*Dataset records:*
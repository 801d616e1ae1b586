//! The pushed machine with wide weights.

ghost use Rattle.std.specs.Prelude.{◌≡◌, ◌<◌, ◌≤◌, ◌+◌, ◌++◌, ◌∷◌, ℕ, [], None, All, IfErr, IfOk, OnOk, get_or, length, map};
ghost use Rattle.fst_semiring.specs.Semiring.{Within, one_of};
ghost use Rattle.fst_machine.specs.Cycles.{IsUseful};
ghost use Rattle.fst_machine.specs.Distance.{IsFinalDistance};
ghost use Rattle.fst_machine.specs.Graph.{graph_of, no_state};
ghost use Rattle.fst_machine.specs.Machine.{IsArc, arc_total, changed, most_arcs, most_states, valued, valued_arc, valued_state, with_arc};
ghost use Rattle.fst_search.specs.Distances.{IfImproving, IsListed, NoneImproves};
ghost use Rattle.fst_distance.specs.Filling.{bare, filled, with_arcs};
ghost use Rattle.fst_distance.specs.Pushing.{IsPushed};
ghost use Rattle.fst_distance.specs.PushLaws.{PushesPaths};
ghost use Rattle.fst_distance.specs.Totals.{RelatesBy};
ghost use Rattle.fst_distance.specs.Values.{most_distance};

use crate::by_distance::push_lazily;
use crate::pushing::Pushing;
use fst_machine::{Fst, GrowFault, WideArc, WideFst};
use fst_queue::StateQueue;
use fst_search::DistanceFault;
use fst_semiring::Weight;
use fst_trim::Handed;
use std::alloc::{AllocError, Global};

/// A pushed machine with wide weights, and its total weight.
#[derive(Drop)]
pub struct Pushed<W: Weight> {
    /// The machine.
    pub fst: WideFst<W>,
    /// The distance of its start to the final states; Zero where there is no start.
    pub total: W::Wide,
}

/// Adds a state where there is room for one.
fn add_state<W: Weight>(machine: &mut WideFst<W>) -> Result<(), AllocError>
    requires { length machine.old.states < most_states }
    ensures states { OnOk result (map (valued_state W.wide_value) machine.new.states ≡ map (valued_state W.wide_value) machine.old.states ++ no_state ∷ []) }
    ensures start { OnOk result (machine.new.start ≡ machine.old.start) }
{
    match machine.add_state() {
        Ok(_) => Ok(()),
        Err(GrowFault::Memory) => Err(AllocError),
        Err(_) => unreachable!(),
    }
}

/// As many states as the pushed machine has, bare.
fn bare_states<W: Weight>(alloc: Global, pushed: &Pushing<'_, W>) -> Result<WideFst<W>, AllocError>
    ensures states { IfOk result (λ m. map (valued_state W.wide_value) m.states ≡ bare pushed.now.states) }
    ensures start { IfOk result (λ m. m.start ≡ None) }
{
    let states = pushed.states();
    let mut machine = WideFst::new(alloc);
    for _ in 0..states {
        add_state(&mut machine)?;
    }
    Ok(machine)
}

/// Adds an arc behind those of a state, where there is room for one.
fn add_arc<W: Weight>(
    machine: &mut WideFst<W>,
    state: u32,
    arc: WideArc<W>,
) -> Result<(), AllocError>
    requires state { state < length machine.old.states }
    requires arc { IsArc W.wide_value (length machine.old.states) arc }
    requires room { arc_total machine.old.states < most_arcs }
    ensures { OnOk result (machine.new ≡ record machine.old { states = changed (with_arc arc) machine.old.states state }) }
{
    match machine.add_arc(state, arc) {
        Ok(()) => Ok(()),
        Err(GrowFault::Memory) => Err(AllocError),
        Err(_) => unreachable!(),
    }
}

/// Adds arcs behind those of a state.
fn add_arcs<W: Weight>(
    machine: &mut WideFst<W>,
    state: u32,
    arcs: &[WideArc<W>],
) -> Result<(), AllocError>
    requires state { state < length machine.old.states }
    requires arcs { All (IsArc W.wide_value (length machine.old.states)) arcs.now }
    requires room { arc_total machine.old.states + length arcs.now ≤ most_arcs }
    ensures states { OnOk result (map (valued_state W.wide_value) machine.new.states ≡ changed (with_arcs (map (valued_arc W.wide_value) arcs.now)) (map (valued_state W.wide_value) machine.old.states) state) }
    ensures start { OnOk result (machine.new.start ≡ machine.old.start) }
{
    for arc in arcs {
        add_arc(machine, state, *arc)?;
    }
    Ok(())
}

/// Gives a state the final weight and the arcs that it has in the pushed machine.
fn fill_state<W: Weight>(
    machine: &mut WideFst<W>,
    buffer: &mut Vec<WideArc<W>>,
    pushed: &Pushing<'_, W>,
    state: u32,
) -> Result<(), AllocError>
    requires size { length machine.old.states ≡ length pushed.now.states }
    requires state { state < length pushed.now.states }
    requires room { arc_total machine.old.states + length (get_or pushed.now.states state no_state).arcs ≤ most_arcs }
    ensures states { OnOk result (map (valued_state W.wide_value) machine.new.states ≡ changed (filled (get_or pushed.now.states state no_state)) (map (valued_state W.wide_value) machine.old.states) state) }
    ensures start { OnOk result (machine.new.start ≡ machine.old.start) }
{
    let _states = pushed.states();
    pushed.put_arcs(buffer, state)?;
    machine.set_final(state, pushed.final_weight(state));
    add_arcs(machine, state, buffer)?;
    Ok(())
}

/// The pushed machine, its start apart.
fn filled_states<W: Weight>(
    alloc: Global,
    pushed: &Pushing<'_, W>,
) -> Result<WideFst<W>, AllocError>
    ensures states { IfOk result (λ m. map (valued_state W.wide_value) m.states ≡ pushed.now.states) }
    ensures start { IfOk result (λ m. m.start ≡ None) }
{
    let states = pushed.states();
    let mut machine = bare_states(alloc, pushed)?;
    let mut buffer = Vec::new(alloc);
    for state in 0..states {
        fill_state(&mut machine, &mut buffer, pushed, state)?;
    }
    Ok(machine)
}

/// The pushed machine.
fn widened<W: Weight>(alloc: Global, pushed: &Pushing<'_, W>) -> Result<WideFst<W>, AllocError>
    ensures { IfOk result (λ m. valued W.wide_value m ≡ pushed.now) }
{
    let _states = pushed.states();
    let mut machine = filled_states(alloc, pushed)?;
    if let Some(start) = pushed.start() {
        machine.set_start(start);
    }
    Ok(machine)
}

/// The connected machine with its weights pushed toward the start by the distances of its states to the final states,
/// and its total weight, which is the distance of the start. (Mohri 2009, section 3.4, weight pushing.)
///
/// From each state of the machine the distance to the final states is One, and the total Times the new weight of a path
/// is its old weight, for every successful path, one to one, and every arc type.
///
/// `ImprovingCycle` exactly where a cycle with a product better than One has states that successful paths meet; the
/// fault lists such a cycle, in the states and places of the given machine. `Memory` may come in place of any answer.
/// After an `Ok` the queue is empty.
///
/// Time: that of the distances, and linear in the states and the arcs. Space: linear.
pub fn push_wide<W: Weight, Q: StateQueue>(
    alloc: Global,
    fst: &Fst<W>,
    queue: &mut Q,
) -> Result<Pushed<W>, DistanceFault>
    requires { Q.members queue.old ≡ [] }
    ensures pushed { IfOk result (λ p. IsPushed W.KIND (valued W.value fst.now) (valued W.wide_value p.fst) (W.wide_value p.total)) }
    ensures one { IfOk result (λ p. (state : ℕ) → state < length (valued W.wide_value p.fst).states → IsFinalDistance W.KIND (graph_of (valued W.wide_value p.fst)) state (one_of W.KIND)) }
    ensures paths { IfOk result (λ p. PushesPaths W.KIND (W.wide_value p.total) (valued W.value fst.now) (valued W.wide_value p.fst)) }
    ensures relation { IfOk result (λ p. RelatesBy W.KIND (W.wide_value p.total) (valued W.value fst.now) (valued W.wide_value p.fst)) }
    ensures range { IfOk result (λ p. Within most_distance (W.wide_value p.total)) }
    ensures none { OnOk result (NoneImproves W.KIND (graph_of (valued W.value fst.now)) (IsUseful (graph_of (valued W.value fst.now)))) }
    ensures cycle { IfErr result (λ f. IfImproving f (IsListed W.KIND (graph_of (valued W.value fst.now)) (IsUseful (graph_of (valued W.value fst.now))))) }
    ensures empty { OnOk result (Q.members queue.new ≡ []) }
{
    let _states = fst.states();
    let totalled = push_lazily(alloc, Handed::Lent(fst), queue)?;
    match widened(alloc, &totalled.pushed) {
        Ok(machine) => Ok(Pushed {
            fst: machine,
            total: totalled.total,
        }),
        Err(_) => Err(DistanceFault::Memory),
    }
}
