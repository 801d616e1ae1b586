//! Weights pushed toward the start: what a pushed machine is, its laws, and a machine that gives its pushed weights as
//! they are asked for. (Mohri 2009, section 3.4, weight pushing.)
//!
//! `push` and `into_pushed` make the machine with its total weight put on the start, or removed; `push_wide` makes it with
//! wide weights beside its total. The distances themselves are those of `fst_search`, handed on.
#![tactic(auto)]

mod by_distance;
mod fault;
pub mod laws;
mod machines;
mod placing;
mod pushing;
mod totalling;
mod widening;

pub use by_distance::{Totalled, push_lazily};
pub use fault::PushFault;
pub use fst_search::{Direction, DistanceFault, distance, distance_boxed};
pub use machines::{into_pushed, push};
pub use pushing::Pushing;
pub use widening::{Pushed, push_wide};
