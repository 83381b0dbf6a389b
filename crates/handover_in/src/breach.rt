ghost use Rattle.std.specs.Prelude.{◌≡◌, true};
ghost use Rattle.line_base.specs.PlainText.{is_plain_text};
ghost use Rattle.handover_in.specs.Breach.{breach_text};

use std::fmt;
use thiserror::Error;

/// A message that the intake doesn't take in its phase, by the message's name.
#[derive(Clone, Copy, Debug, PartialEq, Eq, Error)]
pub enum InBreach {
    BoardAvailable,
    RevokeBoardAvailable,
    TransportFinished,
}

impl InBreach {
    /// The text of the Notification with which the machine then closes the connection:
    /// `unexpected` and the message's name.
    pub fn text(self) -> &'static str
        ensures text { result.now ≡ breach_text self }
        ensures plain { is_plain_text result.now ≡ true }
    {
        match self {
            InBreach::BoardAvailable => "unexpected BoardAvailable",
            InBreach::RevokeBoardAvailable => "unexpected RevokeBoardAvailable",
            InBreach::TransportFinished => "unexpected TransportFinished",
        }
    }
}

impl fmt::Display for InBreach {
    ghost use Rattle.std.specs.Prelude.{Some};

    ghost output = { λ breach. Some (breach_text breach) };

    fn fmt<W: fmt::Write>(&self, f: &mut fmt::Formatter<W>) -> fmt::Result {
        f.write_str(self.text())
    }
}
...
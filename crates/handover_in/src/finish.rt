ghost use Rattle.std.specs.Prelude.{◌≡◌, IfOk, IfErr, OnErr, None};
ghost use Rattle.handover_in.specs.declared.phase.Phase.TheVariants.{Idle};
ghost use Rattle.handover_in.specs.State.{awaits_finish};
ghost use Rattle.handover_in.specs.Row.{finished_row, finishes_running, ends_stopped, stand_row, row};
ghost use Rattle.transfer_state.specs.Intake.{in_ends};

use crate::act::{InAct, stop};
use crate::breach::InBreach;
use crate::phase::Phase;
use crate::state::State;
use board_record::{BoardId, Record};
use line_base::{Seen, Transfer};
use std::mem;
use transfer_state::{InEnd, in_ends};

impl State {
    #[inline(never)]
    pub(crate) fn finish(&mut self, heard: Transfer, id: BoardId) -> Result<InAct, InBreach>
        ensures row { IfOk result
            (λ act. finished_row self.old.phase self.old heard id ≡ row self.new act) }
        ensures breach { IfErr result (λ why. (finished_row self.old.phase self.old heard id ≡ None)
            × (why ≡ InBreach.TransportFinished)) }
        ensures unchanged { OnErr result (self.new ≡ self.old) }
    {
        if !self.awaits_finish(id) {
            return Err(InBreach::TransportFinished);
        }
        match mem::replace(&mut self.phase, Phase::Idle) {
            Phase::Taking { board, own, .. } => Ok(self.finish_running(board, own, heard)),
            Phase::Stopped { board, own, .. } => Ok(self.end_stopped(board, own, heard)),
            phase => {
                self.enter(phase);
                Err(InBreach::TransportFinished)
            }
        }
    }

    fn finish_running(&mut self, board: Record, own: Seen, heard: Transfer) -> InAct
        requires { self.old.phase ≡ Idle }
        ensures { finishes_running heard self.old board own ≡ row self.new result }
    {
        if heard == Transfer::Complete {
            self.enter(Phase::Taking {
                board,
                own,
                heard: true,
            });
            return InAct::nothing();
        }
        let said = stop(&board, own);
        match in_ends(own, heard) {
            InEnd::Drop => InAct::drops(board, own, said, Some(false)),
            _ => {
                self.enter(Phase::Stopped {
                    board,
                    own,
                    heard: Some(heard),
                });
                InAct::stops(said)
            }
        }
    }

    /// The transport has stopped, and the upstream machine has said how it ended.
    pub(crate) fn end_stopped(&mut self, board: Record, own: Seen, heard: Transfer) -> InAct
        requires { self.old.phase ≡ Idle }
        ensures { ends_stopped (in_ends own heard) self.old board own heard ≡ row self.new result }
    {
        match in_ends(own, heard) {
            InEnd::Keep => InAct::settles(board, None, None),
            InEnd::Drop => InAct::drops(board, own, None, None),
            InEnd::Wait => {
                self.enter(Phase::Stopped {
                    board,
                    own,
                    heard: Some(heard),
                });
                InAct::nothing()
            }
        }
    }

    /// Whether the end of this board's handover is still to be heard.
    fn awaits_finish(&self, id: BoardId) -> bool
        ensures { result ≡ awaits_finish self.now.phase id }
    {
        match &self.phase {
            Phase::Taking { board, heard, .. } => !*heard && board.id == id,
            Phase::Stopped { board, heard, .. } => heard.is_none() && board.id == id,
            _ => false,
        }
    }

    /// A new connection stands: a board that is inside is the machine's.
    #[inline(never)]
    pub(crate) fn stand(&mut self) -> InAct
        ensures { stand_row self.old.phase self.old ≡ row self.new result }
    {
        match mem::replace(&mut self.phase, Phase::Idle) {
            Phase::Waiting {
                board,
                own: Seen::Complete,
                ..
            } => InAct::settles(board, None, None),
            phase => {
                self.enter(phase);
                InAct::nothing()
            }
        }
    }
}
==
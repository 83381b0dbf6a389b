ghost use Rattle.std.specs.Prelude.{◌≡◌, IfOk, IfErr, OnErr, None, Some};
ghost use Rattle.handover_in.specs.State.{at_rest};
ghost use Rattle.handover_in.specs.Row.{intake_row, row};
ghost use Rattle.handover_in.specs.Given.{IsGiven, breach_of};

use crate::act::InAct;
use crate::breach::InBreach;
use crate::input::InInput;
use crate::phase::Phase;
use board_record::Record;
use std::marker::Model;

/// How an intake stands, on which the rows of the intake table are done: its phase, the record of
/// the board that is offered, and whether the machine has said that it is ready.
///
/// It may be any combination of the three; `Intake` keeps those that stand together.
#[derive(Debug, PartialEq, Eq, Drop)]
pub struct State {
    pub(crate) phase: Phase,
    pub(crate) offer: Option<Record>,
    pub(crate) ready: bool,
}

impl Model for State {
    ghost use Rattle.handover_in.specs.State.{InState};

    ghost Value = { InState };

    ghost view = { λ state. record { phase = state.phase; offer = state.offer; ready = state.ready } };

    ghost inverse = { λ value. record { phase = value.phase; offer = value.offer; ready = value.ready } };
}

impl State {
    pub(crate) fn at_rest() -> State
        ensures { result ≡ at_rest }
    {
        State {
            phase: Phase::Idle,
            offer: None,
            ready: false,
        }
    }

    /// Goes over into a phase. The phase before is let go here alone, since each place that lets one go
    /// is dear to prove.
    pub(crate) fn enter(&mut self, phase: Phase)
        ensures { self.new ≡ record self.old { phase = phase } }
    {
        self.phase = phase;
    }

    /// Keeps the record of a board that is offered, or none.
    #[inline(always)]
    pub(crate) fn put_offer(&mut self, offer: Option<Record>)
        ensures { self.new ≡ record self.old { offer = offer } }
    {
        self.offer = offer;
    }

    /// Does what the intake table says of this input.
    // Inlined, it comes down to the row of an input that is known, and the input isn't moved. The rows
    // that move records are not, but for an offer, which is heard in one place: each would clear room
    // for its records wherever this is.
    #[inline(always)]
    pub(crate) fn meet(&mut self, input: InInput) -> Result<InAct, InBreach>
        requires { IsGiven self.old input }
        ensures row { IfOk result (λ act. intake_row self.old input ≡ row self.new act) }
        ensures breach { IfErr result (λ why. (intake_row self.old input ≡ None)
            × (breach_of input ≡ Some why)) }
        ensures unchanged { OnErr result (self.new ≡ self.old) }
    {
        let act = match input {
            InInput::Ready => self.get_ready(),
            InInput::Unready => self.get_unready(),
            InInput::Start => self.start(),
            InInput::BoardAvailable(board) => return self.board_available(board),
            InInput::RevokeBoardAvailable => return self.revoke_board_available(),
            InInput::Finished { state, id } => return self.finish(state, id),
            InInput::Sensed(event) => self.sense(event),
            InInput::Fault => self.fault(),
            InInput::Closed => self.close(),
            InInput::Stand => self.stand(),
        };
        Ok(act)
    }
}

*Work required:*
Copy out every line in the entries above that holds "true".

*Answer to the exercise:*
ghost use Rattle.std.specs.Prelude.{◌≡◌, true};
        ensures plain { is_plain_text result.now ≡ true }
                heard: true,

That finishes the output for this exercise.